En Canadá, de hecho, la provincia de Alberta ya lo hizo en 2016, en otra ofensiva de la OPEP. El crudo de Alberta es otra de las preocupaciones saudíes y rusas. Es de mucha peor calidad que el que se extrae en EEUU, pero también se obtiene por medios ‘no convencionales’, en este caso bien abriendo minas a cielo abierto de las que se saca el bitumen que luego se transforma en gasolina, bien inyectando gas. La gran diferencia es que los costes fijos de las llamadas “arenas bituminosas” son mucho mayores, porque exigen una inversión inicial más grande, pero, después, apenas requieren inversión por un periodo de entre 7 y 10 años.
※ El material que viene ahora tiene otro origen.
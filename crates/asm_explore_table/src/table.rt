//! A run as a table.
ghost use Rattle.std.specs.Prelude.{◌≡◌, ◌∷◌, ◌++◌, ℕ, List, OnOk};
ghost use Rattle.asm_state.specs.Signature.{count_of};
ghost use Rattle.asm_syntax.specs.code.Views.{spec_of};
ghost use Rattle.asm_check.specs.Shapes.{shape_of};
ghost use Rattle.asm_meaning.specs.Declarations.{specification_of};
ghost use Rattle.asm_step.specs.code.Steps.{HasMainRule, shape_in};
ghost use Rattle.asm_explore_texts.specs.Comments.{comments};
ghost use Rattle.asm_explore_table.specs.Rows.{rows_of};
ghost use Rattle.asm_explore_table.specs.Tables.{IsTable, behind_lines, block_lines, blocks_lines, first_row, heads, more_columns, rows_from};
ghost use Rattle.asm_explore_table.specs.code.Extents.{HasRoom, IsExtentOf};
ghost use Rattle.asm_explore_table.specs.code.StepsMade.{AreWithin, IsWithin, names_said};

use crate::block::Block;
use crate::columns::{columns, shown};
use crate::extent::{Extent, run_extent};
use crate::heads::{first_head, second_head};
use crate::layout::{blocks, step_width};
use crate::row::{Frame, add_first_row, add_row};
use crate::step_row::step_row;
use asm_check::Checked;
use asm_explore_texts::comment::add_comment;
use asm_reader::Picks;
use asm_resolve::main_rule::resolve_main;
use asm_state::state::State;
use asm_step::ResolvedSpecification;
use std::alloc::{AllocError, Global};

/// What a table shows: locations and functions of these names, or each location that changes if
/// there are none, in blocks of at most this many bytes in a line.
#[derive(Clone, Copy, Debug)]
pub struct TableSettings<'w> {
    pub names: &'w [&'w str],
    pub width: u32,
}

/// The run of a specification under a script, of at most `steps` steps.
#[derive(Clone, Copy)]
struct TableRun<'r, P: Picks> {
    resolved: ResolvedSpecification<'r>,
    script: &'r P,
    steps: u32,
}

/// Adds the heads of a block.
fn add_heads(alloc: Global, out: &mut Vec<u8>, frame: Frame<'_>) -> Result<(), AllocError>
    requires { IsWithin (count_of (shape_of (spec_of frame.checked.now.spec))) frame.block.now }
    ensures { OnOk result (out.new.items ≡ out.old.items ++ comments (heads (spec_of frame.entry.checked.now.spec) frame.entry.width frame.entry.block.now)) }
{
    let head = first_head(alloc, frame.checked, frame.width, frame.block)?;
    add_comment(out, head.as_slice())?;
    match second_head(alloc, frame.checked, frame.width, frame.block)? {
        Some(head) => add_comment(out, head.as_slice()),
        None => Ok(()),
    }
}

/// Adds the rows of a run in a block.
fn add_rows<P: Picks>(
    alloc: Global,
    out: &mut Vec<u8>,
    run: &TableRun<'_, P>,
    width: usize,
    block: &Block,
) -> Result<(), AllocError>
    requires main { HasMainRule run.now.resolved }
    requires within { IsWithin (count_of (shape_in run.now.resolved)) block.now }
    ensures { let m = run.now.resolved in let s = spec_of m.checked.now.spec in
        OnOk result (out.new.items ≡ out.old.items
        ++ comments (first_row s width block.now (specification_of s).initial ∷ rows_from s width block.now 1 (rows_of s m.turns (P.script run.now.script.now) run.now.steps))) }
{
    let checked = run.resolved.checked;
    let frame = Frame {
        checked,
        width,
        block,
    };
    let mut state = State::initial(alloc, checked.signature())?;
    add_first_row(alloc, out, frame, &state)?;
    for done in 0..run.steps {
        let number = u64::from(done) + 1;
        let row = step_row(alloc, &run.resolved, run.script, number, &state)?;
        add_row(alloc, out, frame, number, &state, &row)?;
        match row.into_next() {
            Some(next) => state = next,
            None => return Ok(()),
        }
    }
    Ok(())
}

/// Adds a block of a table.
fn add_block<P: Picks>(
    alloc: Global,
    out: &mut Vec<u8>,
    run: &TableRun<'_, P>,
    width: usize,
    block: &Block,
) -> Result<(), AllocError>
    requires main { HasMainRule run.now.resolved }
    requires within { IsWithin (count_of (shape_in run.now.resolved)) block.now }
    ensures { let m = run.now.resolved in let s = spec_of m.checked.now.spec in
        OnOk result (out.new.items ≡ out.old.items ++ comments (block_lines s width block.now (specification_of s).initial (rows_of s m.turns (P.script run.now.script.now) run.now.steps))) }
{
    let frame = Frame {
        checked: run.resolved.checked,
        width,
        block,
    };
    add_heads(alloc, out, frame)?;
    add_rows(alloc, out, run, width, block)
}

/// Adds blocks of a table, each behind an empty line.
fn add_others<P: Picks>(
    alloc: Global,
    out: &mut Vec<u8>,
    run: &TableRun<'_, P>,
    width: usize,
    blocks: &[Block],
) -> Result<(), AllocError>
    requires main { HasMainRule run.now.resolved }
    requires within { AreWithin (count_of (shape_in run.now.resolved)) blocks.now }
    ensures { let m = run.now.resolved in let s = spec_of m.checked.now.spec in
        OnOk result (out.new.items ≡ out.old.items ++ comments (behind_lines s width (specification_of s).initial (rows_of s m.turns (P.script run.now.script.now) run.now.steps) blocks.now)) }
{
    for k in 0..blocks.len() {
        add_comment(out, b"")?;
        add_block(alloc, out, run, width, &blocks[k])?;
    }
    Ok(())
}

/// Adds the blocks of a table, with an empty line between each two.
fn add_blocks<P: Picks>(
    alloc: Global,
    out: &mut Vec<u8>,
    run: &TableRun<'_, P>,
    width: usize,
    blocks: &[Block],
) -> Result<(), AllocError>
    requires main { HasMainRule run.now.resolved }
    requires within { AreWithin (count_of (shape_in run.now.resolved)) blocks.now }
    ensures { let m = run.now.resolved in let s = spec_of m.checked.now.spec in
        (head : Block) (others : List Block) → blocks.now ≡ head ∷ others →
        OnOk result (out.new.items ≡ out.old.items ++ comments (blocks_lines s width (specification_of s).initial (rows_of s m.turns (P.script run.now.script.now) run.now.steps) head others)) }
{
    match blocks {
        [head, others @ ..] => {
            add_block(alloc, out, run, width, head)?;
            add_others(alloc, out, run, width, others)
        }
        [] => Ok(()),
    }
}

/// Adds how many more locations change, if there are any.
fn add_more(alloc: Global, out: &mut Vec<u8>, more: usize) -> Result<(), AllocError>
    ensures { OnOk result (out.new.items ≡ out.old.items ++ comments (more_columns more)) }
{
    if more == 0 {
        return Ok(());
    }
    let line = format!(in alloc; "and {more} more locations change")?;
    add_comment(out, line.as_bytes())
}

/// Adds the table of a run, of which this was found.
fn add_table_of<P: Picks>(
    alloc: Global,
    out: &mut Vec<u8>,
    run: &TableRun<'_, P>,
    settings: TableSettings<'_>,
    extent: &Extent,
) -> Result<(), AllocError>
    requires main { HasMainRule run.now.resolved }
    requires room { HasRoom (count_of (shape_in run.now.resolved)) extent.now }
    requires found { let m = run.now.resolved in let s = spec_of m.checked.now.spec in
        IsExtentOf s (specification_of s).initial extent.now (rows_of s m.turns (P.script run.now.script.now) run.now.steps) }
    ensures { let m = run.now.resolved in let s = spec_of m.checked.now.spec in
        OnOk result ((lines : List (List ℕ)) × (out.new.items ≡ out.old.items ++ comments lines)
        × IsTable s (names_said settings.entry.names.now) settings.entry.width (specification_of s).initial (rows_of s m.turns (P.script run.now.script.now) run.now.steps) lines) }
{
    let checked = run.resolved.checked;
    let all = columns(alloc, checked, settings.names, extent)?;
    let shown = shown(settings.names, all.as_slice());
    let blocks = blocks(alloc, checked, shown, extent, settings.width as usize)?;
    let width = step_width(alloc, extent)?;
    add_blocks(alloc, out, run, width, blocks.as_slice())?;
    add_more(alloc, out, all.len() - shown.len())
}

/// Adds the table of a run.
fn add_found<P: Picks>(
    alloc: Global,
    out: &mut Vec<u8>,
    run: &TableRun<'_, P>,
    settings: TableSettings<'_>,
) -> Result<(), AllocError>
    requires { HasMainRule run.now.resolved }
    ensures { let m = run.now.resolved in let s = spec_of m.checked.now.spec in
        OnOk result ((lines : List (List ℕ)) × (out.new.items ≡ out.old.items ++ comments lines)
        × IsTable s (names_said settings.entry.names.now) settings.entry.width (specification_of s).initial (rows_of s m.turns (P.script run.now.script.now) run.now.steps) lines) }
{
    let extent = run_extent(alloc, &run.resolved, run.script, run.steps)?;
    add_table_of(alloc, out, run, settings, &extent)
}

/// Adds the table of the run of a specification under a script, of at most `steps` steps, as
/// comments.
pub fn add_table<'x, P: Picks>(
    alloc: Global,
    out: &mut Vec<u8>,
    checked: &'x Checked,
    turns: u32,
    script: &'x P,
    steps: u32,
    settings: TableSettings<'_>,
) -> Result<(), AllocError>
    ensures { let s = spec_of checked.now.spec in
        OnOk result ((lines : List (List ℕ)) × (out.new.items ≡ out.old.items ++ comments lines)
        × IsTable s (names_said settings.entry.names.now) settings.entry.width (specification_of s).initial (rows_of s turns (P.script script.now) steps) lines) }
{
    let code = resolve_main(alloc, checked)?;
    let run = TableRun {
        resolved: ResolvedSpecification {
            checked,
            code: &code,
            turns,
        },
        script,
        steps,
    };
    let added = add_found(alloc, out, &run, settings);
    drop(code);
    added
}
Con el ‘shale’ pasa lo contrario. Perforar y llevar a cabo el ‘fracking’ es barato. Pero los yacimientos se agotan rápidamente y cada dos o tres años hay que volver a ‘pinchar’. El petróleo de Alberta es más caro que el ‘shale’ de EEUU, pero requiere menos capital a lo largo del tiempo.

Que EEUU se esté planteando entrar, por medio de sus estados, en una componenda con la OPEP es uno de los grandes cambios que está viviendo la economía mundial. Este 2020 puede ser un año que cambie muchas cosas, incluyendo el sector del petróleo.